## What needs to be done
Scan the lines below for the word "operation". Copy each line you find it in.

___ Data section ___

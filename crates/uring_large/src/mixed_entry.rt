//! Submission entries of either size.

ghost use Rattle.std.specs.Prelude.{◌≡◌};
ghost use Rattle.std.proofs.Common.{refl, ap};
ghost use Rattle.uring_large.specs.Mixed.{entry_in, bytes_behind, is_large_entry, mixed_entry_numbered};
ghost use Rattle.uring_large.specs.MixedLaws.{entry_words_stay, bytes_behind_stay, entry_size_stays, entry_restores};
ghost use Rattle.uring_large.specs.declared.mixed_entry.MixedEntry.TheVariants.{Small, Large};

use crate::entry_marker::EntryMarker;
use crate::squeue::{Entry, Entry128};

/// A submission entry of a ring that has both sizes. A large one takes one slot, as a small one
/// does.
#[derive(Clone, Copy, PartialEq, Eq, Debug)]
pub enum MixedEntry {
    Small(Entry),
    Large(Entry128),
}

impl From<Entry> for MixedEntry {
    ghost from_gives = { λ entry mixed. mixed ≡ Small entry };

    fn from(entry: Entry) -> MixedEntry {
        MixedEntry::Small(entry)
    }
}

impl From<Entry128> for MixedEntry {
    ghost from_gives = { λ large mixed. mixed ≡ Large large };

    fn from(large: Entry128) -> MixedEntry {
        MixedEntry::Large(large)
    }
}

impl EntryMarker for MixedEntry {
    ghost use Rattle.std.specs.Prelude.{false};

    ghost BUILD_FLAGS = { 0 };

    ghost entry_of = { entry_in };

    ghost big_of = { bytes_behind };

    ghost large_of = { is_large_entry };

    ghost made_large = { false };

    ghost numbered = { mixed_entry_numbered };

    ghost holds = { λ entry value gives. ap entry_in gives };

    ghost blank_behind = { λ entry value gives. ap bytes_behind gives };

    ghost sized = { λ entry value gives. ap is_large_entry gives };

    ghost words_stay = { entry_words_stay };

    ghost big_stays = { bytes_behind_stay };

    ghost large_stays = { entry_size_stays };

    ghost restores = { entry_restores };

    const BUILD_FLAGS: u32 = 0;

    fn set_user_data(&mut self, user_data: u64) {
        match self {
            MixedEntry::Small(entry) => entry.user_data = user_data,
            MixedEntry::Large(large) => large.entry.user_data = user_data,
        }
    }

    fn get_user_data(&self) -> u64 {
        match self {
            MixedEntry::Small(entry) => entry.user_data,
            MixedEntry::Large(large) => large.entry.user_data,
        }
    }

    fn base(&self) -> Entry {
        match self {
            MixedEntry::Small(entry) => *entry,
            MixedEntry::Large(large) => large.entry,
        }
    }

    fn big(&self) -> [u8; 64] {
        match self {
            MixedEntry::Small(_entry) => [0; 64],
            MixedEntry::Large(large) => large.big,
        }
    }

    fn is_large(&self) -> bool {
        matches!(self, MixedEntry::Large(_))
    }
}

___
___ Data section ___

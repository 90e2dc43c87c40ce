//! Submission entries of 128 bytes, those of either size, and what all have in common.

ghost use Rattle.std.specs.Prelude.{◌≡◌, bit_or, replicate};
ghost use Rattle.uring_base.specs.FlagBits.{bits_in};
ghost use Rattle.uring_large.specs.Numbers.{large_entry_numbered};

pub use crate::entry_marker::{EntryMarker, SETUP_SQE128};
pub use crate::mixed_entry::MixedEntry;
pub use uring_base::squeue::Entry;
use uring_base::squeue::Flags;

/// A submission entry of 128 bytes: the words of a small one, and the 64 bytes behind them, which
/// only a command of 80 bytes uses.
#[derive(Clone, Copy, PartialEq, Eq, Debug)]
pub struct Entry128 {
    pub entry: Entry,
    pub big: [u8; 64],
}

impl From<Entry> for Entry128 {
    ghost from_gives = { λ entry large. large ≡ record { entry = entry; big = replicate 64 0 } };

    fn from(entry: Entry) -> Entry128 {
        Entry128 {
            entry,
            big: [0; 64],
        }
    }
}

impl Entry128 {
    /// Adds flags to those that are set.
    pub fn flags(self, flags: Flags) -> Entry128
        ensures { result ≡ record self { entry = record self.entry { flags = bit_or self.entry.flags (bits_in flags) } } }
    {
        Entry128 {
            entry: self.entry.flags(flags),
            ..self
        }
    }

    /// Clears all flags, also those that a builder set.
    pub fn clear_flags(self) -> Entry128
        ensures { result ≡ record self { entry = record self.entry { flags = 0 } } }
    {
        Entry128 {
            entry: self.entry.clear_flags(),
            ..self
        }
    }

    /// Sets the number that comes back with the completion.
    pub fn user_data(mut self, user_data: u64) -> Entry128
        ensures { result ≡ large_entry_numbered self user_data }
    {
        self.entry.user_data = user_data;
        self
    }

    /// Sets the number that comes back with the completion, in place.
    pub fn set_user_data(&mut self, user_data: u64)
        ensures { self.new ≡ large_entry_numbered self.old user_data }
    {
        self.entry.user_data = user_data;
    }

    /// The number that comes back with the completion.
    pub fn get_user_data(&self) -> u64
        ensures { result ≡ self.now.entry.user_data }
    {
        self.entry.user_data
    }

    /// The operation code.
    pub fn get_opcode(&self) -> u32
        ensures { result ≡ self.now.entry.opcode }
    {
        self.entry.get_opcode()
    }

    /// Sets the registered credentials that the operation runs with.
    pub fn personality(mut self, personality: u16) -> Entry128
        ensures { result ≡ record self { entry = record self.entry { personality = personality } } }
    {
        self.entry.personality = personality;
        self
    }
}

___

## Answer box
    /// The operation code.
    /// Sets the registered credentials that the operation runs with.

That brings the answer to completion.